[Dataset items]
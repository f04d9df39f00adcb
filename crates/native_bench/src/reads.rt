//! Reads of one byte among blocks of one byte.

ghost use Rattle.std.specs.Prelude.{◌<◌, ◌≤◌};

use anyhow::ensure;
use native_memory::{DATA_RIGHTS, Kind, Memory};
use std::alloc::Global;

/// How many blocks on the next read is: a prime, so that all are read in turn.
const STRIDE: u64 = 77_777;

/// The most blocks.
const MOST: u64 = 1_000_000_000;

/// Prints the sum of the bytes that so many reads find among so many blocks, which hold 0, 1 .. 255, 0, 1 ..
pub fn print(rt: &(impl Print + AllocGlobal), blocks: u64, reads: u64) -> anyhow::Result<()> {
    ensure!(0 < blocks && blocks <= MOST, "too few or too many blocks");
    let mut memory = Memory::new(rt.alloc(), blocks);
    let first = memory.next();
    place(&mut memory, blocks)?;
    let sum = sum_of_reads(&memory, first, blocks, reads)?;
    println!(rt; "{blocks} blocks, {reads} reads, sum {sum}")?;
    Ok(())
}

/// Places blocks of one byte. Each stands 32 bytes after the one before.
fn place(memory: &mut Memory, blocks: u64) -> anyhow::Result<()> {
    for number in 0..blocks {
        let base = memory.place(1, DATA_RIGHTS, Kind::Heap)?;
        memory.write(base, &[(number % 256) as u8])?;
    }
    Ok(())
}

fn sum_of_reads(memory: &Memory, first: u64, blocks: u64, reads: u64) -> anyhow::Result<u64>
    requires some { 0 < blocks }
    requires few { blocks ≤ MOST }
    requires first { first ≤ MOST }
{
    let stride = STRIDE % blocks;
    let mut number = 0;
    let mut sum = 0u64;
    for _turn in 0..reads {
        let mut byte = [0];
        memory.read(first + 32 * number, &mut byte)?;
        sum = sum.wrapping_add(u64::from(byte[0]));
        number += stride;
        if number >= blocks {
            number -= blocks;
        }
    }
    Ok(sum)
}
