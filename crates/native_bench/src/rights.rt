//! What blocks may be used for.

use bound_base::Rights;

pub const CODE: Rights = Rights {
    r: true,
    w: false,
    x: true,
};
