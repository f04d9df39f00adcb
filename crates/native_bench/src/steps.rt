//! Ten million steps of the machine, in a loop of ten instructions.

use crate::rights::CODE;
use anyhow::ensure;
use native_memory::{DATA_RIGHTS, Kind, Memory};
use rv_machine::{Regs, Step, step};
use std::alloc::Global;

const STEPS: u64 = 10_000_000;

/// How often the loop runs: until the last step.
const TURNS: u64 = 1_000_000;

/// What the hash is multiplied by, that of FNV-1a.
const FACTOR: u64 = 0x100_0000_01B3;

const STACK: u64 = 1 << 20;

/// Numbers of registers, by their names in the calling convention.
const SP: usize = 2;

const A0: usize = 10;

const A2: usize = 12;

const A3: usize = 13;

/// a1 counts from 0 to a2. Each turn adds a1 to one of 64 words at sp, in turn, and mixes the sum into a0.
const LOOP: [u32; 10] = [
    0x03F5_F293, // andi t0, a1, 63
    0x0032_9293, // slli t0, t0, 3
    0x0022_82B3, // add t0, t0, sp
    0x0002_B303, // ld t1, 0(t0)
    0x00B3_0333, // add t1, t1, a1
    0x0062_B023, // sd t1, 0(t0)
    0x0065_4533, // xor a0, a0, t1
    0x02D5_0533, // mul a0, a0, a3
    0x0015_8593, // addi a1, a1, 1
    0xFCC5_9EE3, // bne a1, a2, -36
];

/// Prints what stands in a0 after all steps.
pub fn print(rt: &(impl Print + AllocGlobal)) -> anyhow::Result<()> {
    let mut memory = Memory::new(rt.alloc(), 1 << 30);
    let mut regs = start(rt.alloc(), &mut memory)?;
    for _ in 0..STEPS {
        ensure!(step(&mut regs, &mut memory) == Step::Went, "a step faults");
    }
    println!(rt; "{STEPS} steps, a0 {:016x}", regs.x[A0])?;
    Ok(())
}

/// Places the loop and a stack, and gives the registers before the first step.
fn start(alloc: Global, memory: &mut Memory) -> anyhow::Result<Regs> {
    let mut code = Vec::new(alloc);
    for word in &LOOP {
        code.extend_from_slice(&word.to_le_bytes())?;
    }
    let pc = memory.edge();
    memory.place_at(pc, code.as_slice(), code.len() as u64, CODE)?;
    let mut x = [0; 32];
    x[SP] = memory.place(STACK, DATA_RIGHTS, Kind::Stack)?;
    x[A2] = TURNS;
    x[A3] = FACTOR;
    Ok(Regs { pc, x })
}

*Work to complete*. An exact copy of the lines above, from the one containing "let mut sum = 0u64;" through the one containing "const STACK: u64 = 1 << 20;", is the whole of the answer.

*Written reply*.
    let mut sum = 0u64;
    for _turn in 0..reads {
        let mut byte = [0];
        memory.read(first + 32 * number, &mut byte)?;
        sum = sum.wrapping_add(u64::from(byte[0]));
        number += stride;
        if number >= blocks {
            number -= blocks;
        }
    }
    Ok(sum)
}
filename crates/native_bench/src/rights.rt
//! What blocks may be used for.

use bound_base::Rights;

pub const CODE: Rights = Rights {
    r: true,
    w: false,
    x: true,
};
repository f04d9df39f00adcb
filename crates/native_bench/src/steps.rt
//! Ten million steps of the machine, in a loop of ten instructions.

use crate::rights::CODE;
use anyhow::ensure;
use native_memory::{DATA_RIGHTS, Kind, Memory};
use rv_machine::{Regs, Step, step};
use std::alloc::Global;

const STEPS: u64 = 10_000_000;

/// How often the loop runs: until the last step.
const TURNS: u64 = 1_000_000;

/// What the hash is multiplied by, that of FNV-1a.
const FACTOR: u64 = 0x100_0000_01B3;

const STACK: u64 = 1 << 20;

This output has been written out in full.